> [What you have to do]
With the line containing "and arenas disagree." as the starting point, write out each line exactly through the final line of the listing, both ends included.

> [Recorded information]

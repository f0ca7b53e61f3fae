//! The length of the query of an authorization URL, counted pair by pair without allocating. All
//! lengths are in bytes; `usize::MAX` means that or more.

ghost use Rattle.std.specs.Prelude.{◌≡◌, ◌≢◌, ◌∷◌, [], ◌++◌, List, ℕ, None, IfSome, codes};
ghost use Rattle.std.specs.Prelude.{◌↔◌, IsTrue, length, map, option_map};
ghost use Rattle.std.specs.List.{flat_map};
ghost use Rattle.form_urlencoded.specs.Form.{byte_serialize, extend_pairs};
ghost use Rattle.oauth2_form.specs.Length.{usize_len};
ghost use Rattle.oauth2_json.specs.Words.{joined_words};
ghost use Rattle.oauth2_requests.specs.Authorization.{challenge_pairs, scope_pairs};
ghost use Rattle.oauth2_wire.specs.Expected.{optional_pair};
ghost use Rattle.oauth2_wire.specs.Texts.{given_text, param_pair, redirect_of};

use oauth2_form::{encoded_len, len_with_pair};
use oauth2_types::{PkceCodeChallenge, Scope};
use oauth2_wire::{ParamText, RedirectRef};

/// The length `len` with the parameters of a code challenge added.
pub fn with_challenge(len: usize, challenge: &Option<PkceCodeChallenge>) -> usize
    ensures { (query : List ℕ) → len ≡ usize_len query
        → result ≡ usize_len (extend_pairs query (challenge_pairs challenge.now)) }
{
    match challenge {
        Some(challenge) => {
            let len = with_pair(len, "code_challenge", challenge.as_str());
            with_pair(len, "code_challenge_method", challenge.method().as_str())
        }
        None => len,
    }
}

/// The length `len` with the parameter `redirect_uri` added.
pub fn with_redirect(len: usize, redirect: &Option<RedirectRef<'_>>) -> usize
    ensures { let text = option_map given_text (option_map redirect_of redirect.now) in
        (query : List ℕ) → len ≡ usize_len query
        → result ≡ usize_len (extend_pairs query (optional_pair (codes "redirect_uri") text)) }
{
    match redirect {
        Some(redirect) => with_pair(len, "redirect_uri", redirect.redirect_url().as_str()),
        None => len,
    }
}

/// The length `len` with the parameter `scope` added.
pub fn with_scopes(len: usize, scopes: &[Scope]) -> usize
    ensures { (query : List ℕ) → len ≡ usize_len query
        → result ≡ usize_len (extend_pairs query (scope_pairs (joined_words scopes.now))) }
{
    match joined_len(scopes) {
        Some(scope_len) => len_with_pair(len, "scope", scope_len),
        None => len,
    }
}

// The length of the scopes, joined and encoded; `None` if the joined text is empty.
fn joined_len(scopes: &[Scope]) -> Option<usize>
    ensures some { IfSome result (λ len. (joined_words scopes.now ≢ [])
        × (len ≡ usize_len (byte_serialize (joined_words scopes.now)))) }
    ensures none { result ≡ None → joined_words scopes.now ≡ [] }
{
    let (first, others) = scopes.split_first()?;
    if is_one_empty(first, others) {
        return None;
    }
    Some(with_further(encoded_len(first.as_str()), others))
}

// Whether there is only one scope, and it is empty.
fn is_one_empty(first: &Scope, others: &[Scope]) -> bool
    ensures { IsTrue result ↔ ((length first.now ≡ 0) × (length others.now ≡ 0)) }
{
    first.as_str().is_empty() && others.is_empty()
}

// The length of an encoded text of length `len` with further words, each after a space.
fn with_further(mut len: usize, words: &[Scope]) -> usize
    ensures { let further = flat_map (λ word. codes " " ++ word) words.now in
        (text : List ℕ) → len ≡ usize_len (byte_serialize text)
        → result ≡ usize_len (byte_serialize (text ++ further)) }
{
    for word in words {
        len = len
            .saturating_add("+".len())
            .saturating_add(encoded_len(word.as_str()));
    }
    len
}

/// The length `len` with the extra parameters added.
pub fn with_extra_params(mut len: usize, extra_params: &[(ParamText<'_>, ParamText<'_>)]) -> usize
    ensures { (query : List ℕ) → len ≡ usize_len query
        → result ≡ usize_len (extend_pairs query (map param_pair extra_params.now)) }
{
    for (name, value) in extra_params {
        len = with_pair(len, name.as_str(), value.as_str());
    }
    len
}

/// The length `len` with one more pair.
pub fn with_pair(len: usize, name: &str, value: &str) -> usize
    ensures { (query : List ℕ) → len ≡ usize_len query
        → result ≡ usize_len (extend_pairs query ((name.now, value.now) ∷ [])) }
{
    len_with_pair(len, name, encoded_len(value))
}
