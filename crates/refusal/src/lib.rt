// The numbered refusals of documents 01 and 02, one case for each number.
#![tactic(auto)]

ghost use Rattle.std.specs.Prelude.{◌≡◌};
ghost use Rattle.refusal.specs.Refusals.{refusal_number};

// Why a call was not done.
#[derive(Clone, Copy, PartialEq, Eq)]
pub enum Refusal {
    // The width is above 1,048,576.
    TooWide = 1,
    // A plane is not exactly its word count; a float's planes are not empty.
    PlaneLength = 2,
    // A bit is set at or above the width.
    BitAboveWidth = 3,
    // A fill of width 0.
    EmptyFill = 4,
    // An output plane is not exactly the result's word count; the text for a literal is not exactly as long as the literal.
    OutputLength = 5,
    // The step list breaks its format or its 65,536 bytes.
    BadFormat = 6,
    // The arms of sel differ in width, or one is a fill.
    BadArms = 7,
    // An operand names a cell that is not yet filled.
    NoSuchCell = 11,
    // There are 320 cells already.
    StoreFull = 12,
    // An arena behind the last cell, or a scratch plane, has too few words.
    NoRoom = 13,
    // The arenas differ in length, or store and arenas disagree.
    BadStore = 14,
    // The text is no sized literal, or the vector to write as one is a fill or not 1 to 4,096 bits wide.
    BadLiteral = 15,
}

// The number of a refusal.
impl From<Refusal> for u8 {
    ghost from_gives = { λ r n. n ≡ refusal_number r };

    fn from(r: Refusal) -> u8 {
        r as u8
    }
}
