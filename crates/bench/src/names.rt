//! Names of tables and columns: finding them.
mod looking;
mod timing;
mod words;

pub use timing::run;
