//! Messages of the protocol: reading a client's and writing a server's.
mod reading;
mod samples;
mod timing;
mod writing;

pub use timing::run;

> [Exercise result]
    // The arenas differ in length, or store and arenas disagree.
    BadStore = 14,
    // The text is no sized literal, or the vector to write as one is a fill or not 1 to 4,096 bits wide.
    BadLiteral = 15,
}

// The number of a refusal.
impl From<Refusal> for u8 {
    ghost from_gives = { λ r n. n ≡ refusal_number r };

    fn from(r: Refusal) -> u8 {
        r as u8
    }
}
filename crates/bench/src/names.rt
//! Names of tables and columns: finding them.
mod looking;
mod timing;
mod words;

pub use timing::run;
//! Messages of the protocol: reading a client's and writing a server's.
mod reading;
mod samples;
mod timing;
mod writing;

pub use timing::run;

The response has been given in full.